In your answer, reproduce exactly the lines from the beginning of the listing below through the one containing "use serde_json::Value as Json;", and only those lines.

====

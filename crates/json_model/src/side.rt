/// Who wrote a tree.
#[derive(Clone, Copy, Debug, PartialEq, Eq)]
pub enum Side {
    /// The caller: a member that isn't known is a fault.
    Caller,
    /// The backend: a member that isn't known is ignored.
    Backend,
}
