//! Scalars, read of whatever tree stands under the name of their kind.

ghost use Rattle.std.specs.Prelude.{IfOk, MatchOption};
ghost use Rattle.serde_json.specs.View.{view};
ghost use Rattle.value_model.specs.Time.{IsMoment};
ghost use Rattle.value_model.specs.declared.timestamp.Timestamp.{Timestamp as Moment};
ghost use Rattle.json_model.specs.declared.place.Leaf.TheVariants as leaves;
ghost use Rattle.json_model.specs.Grammar.{SpellsTime};
ghost use Rattle.json_model.specs.Scalars.{ReadsScalar};

use crate::bytes::read_bytes;
use crate::leaves::is_null_tree;
use crate::names::read_reference;
use crate::numbers::read_whole;
use crate::place::Leaf;
use crate::texts::show_text;
use document_keys::{NoMemory, Text};
use serde_json::Value as Json;
use std::alloc::Global;
use value_model::{Bytes, Kind, Timestamp, Value};

fn null_value(json: &Json) -> Option<Value>
    ensures { ReadsScalar leaves.Null (view json.now) result }
{
    if !is_null_tree(json) {
        return None;
    }
    Some(Value { kind: Kind::Null })
}

fn boolean_value(json: &Json) -> Option<Value>
    ensures { ReadsScalar leaves.Boolean (view json.now) result }
{
    let is = json.as_bool()?;
    Some(Value {
        kind: Kind::Boolean(is),
    })
}

/// The time that the tree spells.
pub(crate) fn read_time(json: &Json) -> Option<Timestamp>
    ensures { MatchOption result ((time : Moment) → SpellsTime (view json.now) time → ⊥)
        (λ time. SpellsTime (view json.now) time × IsMoment time) }
{
    let text = json.as_str()?;
    Timestamp::read(text)
}

fn time_value(json: &Json) -> Option<Value>
    ensures { ReadsScalar leaves.Time (view json.now) result }
{
    let Some(time) = read_time(json) else {
        return None;
    };
    Some(Value {
        kind: Kind::Time(time),
    })
}

fn integer_value(json: &Json) -> Option<Value>
    ensures { ReadsScalar leaves.Integer (view json.now) result }
{
    let Some(number) = read_whole(json) else {
        return None;
    };
    Some(Value {
        kind: Kind::Integer(number),
    })
}

fn text_value(alloc: Global, json: &Json) -> Result<Option<Value>, NoMemory>
    ensures { IfOk result (ReadsScalar leaves.Text (view json.now)) }
{
    let Some(text) = json.as_str() else {
        return Ok(None);
    };
    show_text(text);
    let text = Text::from_str(alloc, text)?;
    Ok(Some(Value {
        kind: Kind::Text(text),
    }))
}

fn bytes_value(alloc: Global, json: &Json) -> Result<Option<Value>, NoMemory>
    ensures { IfOk result (ReadsScalar leaves.Bytes (view json.now)) }
{
    let Some(text) = json.as_str() else {
        return Ok(None);
    };
    let Some(bytes) = read_bytes(alloc, text)? else {
        return Ok(None);
    };
    Ok(Some(Value {
        kind: Kind::Bytes(Bytes::from_vec(bytes)),
    }))
}

fn reference_value(alloc: Global, json: &Json) -> Result<Option<Value>, NoMemory>
    ensures { IfOk result (ReadsScalar leaves.Reference (view json.now)) }
{
    let Some(text) = json.as_str() else {
        return Ok(None);
    };
    match read_reference(alloc, text) {
        Ok(name) => Ok(Some(Value {
            kind: Kind::Reference(Box::new(alloc, name)?),
        })),
        Err(fault) => {
            fault.unless_memory()?;
            Ok(None)
        }
    }
}

/// The scalar of that kind that the tree spells.
pub(crate) fn read_scalar(alloc: Global, leaf: Leaf, json: &Json) -> Result<Option<Value>, NoMemory>
    ensures { IfOk result (ReadsScalar leaf (view json.now)) }
{
    match leaf {
        Leaf::Null => Ok(null_value(json)),
        Leaf::Boolean => Ok(boolean_value(json)),
        Leaf::Integer => Ok(integer_value(json)),
        Leaf::Time => Ok(time_value(json)),
        Leaf::Text => text_value(alloc, json),
        Leaf::Bytes => bytes_value(alloc, json),
        Leaf::Reference => reference_value(alloc, json),
        _ => Ok(None),
    }
}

====

Completed exercise>
filename crates/json_model/src/side.rt
/// Who wrote a tree.
#[derive(Clone, Copy, Debug, PartialEq, Eq)]
pub enum Side {
    /// The caller: a member that isn't known is a fault.
    Caller,
    /// The backend: a member that isn't known is ignored.
    Backend,
}
//! Scalars, read of whatever tree stands under the name of their kind.

ghost use Rattle.std.specs.Prelude.{IfOk, MatchOption};
ghost use Rattle.serde_json.specs.View.{view};
ghost use Rattle.value_model.specs.Time.{IsMoment};
ghost use Rattle.value_model.specs.declared.timestamp.Timestamp.{Timestamp as Moment};
ghost use Rattle.json_model.specs.declared.place.Leaf.TheVariants as leaves;
ghost use Rattle.json_model.specs.Grammar.{SpellsTime};
ghost use Rattle.json_model.specs.Scalars.{ReadsScalar};

use crate::bytes::read_bytes;
use crate::leaves::is_null_tree;
use crate::names::read_reference;
use crate::numbers::read_whole;
use crate::place::Leaf;
use crate::texts::show_text;
use document_keys::{NoMemory, Text};
use serde_json::Value as Json;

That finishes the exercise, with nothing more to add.